Each line of the data that includes the string "lent" is to be copied out.
· · · · · · ·
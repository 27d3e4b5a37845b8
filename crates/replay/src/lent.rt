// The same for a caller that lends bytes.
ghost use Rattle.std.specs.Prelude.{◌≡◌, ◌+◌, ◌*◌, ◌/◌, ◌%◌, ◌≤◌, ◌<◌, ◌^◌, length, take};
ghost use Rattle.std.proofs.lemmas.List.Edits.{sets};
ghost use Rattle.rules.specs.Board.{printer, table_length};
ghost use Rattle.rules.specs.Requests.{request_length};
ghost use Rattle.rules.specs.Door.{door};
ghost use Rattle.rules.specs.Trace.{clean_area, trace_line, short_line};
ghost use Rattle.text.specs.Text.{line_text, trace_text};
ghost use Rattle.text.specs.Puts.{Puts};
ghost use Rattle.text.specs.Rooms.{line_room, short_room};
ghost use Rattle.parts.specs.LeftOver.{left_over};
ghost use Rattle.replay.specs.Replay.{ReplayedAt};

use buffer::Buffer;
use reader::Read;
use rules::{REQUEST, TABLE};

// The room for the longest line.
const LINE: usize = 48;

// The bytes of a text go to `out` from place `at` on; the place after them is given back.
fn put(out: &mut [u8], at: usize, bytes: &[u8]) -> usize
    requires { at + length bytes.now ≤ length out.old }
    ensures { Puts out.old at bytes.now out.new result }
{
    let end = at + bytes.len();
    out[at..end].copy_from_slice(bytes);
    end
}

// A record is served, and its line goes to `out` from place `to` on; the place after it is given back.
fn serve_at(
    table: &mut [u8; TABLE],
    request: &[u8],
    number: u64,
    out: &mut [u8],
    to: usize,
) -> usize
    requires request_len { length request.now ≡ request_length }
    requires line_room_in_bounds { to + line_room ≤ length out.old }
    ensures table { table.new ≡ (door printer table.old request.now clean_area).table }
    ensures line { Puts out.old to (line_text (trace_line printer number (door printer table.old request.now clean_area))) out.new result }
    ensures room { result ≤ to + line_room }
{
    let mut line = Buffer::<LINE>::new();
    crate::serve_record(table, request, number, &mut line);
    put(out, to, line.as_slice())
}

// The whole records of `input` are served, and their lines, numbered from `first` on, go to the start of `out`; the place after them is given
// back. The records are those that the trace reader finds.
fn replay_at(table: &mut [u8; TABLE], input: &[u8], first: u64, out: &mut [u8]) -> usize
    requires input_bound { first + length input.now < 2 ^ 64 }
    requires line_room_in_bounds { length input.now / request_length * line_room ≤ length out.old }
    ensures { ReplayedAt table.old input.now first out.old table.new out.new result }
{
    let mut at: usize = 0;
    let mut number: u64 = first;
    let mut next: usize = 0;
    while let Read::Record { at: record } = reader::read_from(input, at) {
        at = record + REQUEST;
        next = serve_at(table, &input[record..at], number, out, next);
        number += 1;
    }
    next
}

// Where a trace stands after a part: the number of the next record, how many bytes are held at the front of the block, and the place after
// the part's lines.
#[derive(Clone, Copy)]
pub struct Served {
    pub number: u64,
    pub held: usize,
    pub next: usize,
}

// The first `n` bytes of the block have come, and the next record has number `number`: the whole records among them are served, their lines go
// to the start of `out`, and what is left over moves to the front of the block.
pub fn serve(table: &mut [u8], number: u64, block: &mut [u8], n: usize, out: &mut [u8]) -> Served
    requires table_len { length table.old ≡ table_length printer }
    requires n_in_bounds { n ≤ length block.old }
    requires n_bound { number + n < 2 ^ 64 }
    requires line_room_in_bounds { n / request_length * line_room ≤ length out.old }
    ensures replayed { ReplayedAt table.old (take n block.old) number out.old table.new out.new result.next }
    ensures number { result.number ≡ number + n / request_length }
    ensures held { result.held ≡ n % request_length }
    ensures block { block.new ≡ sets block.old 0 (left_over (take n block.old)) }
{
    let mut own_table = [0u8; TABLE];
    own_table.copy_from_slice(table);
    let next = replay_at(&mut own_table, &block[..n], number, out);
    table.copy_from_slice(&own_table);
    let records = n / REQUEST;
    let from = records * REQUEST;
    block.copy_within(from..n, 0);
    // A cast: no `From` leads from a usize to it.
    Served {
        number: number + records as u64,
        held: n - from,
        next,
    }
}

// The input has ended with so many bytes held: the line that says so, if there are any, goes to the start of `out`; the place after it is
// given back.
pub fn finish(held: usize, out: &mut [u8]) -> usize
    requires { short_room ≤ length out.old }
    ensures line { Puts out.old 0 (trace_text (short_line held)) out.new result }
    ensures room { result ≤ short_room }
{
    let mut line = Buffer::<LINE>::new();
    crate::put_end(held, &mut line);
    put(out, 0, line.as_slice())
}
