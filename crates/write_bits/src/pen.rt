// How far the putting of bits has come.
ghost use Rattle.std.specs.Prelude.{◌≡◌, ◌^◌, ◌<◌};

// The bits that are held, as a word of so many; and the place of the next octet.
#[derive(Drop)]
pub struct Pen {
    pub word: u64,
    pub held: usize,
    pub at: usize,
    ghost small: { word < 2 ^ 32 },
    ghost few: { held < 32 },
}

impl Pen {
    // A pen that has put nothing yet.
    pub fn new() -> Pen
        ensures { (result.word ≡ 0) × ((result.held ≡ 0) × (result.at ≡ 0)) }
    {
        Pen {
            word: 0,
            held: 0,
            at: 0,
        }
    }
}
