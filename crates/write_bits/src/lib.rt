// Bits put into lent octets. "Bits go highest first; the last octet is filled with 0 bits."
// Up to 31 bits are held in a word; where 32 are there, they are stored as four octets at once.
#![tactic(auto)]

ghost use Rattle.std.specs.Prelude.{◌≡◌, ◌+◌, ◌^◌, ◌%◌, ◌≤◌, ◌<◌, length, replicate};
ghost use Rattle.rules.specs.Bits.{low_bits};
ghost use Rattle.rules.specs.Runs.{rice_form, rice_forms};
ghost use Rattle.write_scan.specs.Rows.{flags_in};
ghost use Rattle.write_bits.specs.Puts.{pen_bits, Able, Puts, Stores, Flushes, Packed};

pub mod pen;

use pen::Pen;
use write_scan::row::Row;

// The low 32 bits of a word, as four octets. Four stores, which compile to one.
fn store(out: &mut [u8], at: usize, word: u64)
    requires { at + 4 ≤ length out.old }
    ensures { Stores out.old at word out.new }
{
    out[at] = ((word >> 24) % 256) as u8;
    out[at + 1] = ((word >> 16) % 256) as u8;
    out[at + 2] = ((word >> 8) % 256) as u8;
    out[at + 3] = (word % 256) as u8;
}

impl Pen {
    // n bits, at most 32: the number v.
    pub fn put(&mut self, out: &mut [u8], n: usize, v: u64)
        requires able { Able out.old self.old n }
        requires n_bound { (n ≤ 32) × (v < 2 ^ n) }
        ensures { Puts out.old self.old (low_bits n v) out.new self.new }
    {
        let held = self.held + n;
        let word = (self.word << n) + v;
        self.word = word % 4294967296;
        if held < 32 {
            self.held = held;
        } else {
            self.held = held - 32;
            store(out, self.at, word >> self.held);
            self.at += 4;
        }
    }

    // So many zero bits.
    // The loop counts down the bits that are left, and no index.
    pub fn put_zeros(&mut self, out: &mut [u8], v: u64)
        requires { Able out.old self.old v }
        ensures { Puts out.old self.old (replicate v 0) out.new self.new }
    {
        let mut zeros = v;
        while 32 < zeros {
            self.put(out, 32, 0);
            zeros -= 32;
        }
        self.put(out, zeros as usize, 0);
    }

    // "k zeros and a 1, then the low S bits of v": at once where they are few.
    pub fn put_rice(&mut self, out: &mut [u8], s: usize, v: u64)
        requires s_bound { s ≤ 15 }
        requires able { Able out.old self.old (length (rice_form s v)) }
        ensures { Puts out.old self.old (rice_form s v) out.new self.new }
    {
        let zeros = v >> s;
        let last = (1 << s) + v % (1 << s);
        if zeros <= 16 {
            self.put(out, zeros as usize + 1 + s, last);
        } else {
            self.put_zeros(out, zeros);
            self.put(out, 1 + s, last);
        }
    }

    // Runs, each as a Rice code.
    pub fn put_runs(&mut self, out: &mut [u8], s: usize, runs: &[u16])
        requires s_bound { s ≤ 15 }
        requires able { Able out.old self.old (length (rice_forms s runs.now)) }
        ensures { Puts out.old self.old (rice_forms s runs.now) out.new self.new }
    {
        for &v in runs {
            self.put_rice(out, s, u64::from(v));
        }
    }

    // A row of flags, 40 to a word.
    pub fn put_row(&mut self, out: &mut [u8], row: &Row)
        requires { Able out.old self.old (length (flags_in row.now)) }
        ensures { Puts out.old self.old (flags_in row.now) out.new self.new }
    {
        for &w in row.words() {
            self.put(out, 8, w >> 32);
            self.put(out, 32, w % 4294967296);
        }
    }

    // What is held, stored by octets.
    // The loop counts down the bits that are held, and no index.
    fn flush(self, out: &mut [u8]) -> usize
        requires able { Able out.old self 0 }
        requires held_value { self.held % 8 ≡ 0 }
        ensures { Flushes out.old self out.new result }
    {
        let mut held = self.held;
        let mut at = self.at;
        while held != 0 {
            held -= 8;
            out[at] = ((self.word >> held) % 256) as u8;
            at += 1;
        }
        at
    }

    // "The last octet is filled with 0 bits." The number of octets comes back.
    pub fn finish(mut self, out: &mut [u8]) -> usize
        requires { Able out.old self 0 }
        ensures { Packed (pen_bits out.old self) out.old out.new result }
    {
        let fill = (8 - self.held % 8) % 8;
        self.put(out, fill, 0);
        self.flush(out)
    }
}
· · · · · · ·
* Task answer *
filename crates/replay/src/lent.rt
// Bits put into lent octets. "Bits go highest first; the last octet is filled with 0 bits."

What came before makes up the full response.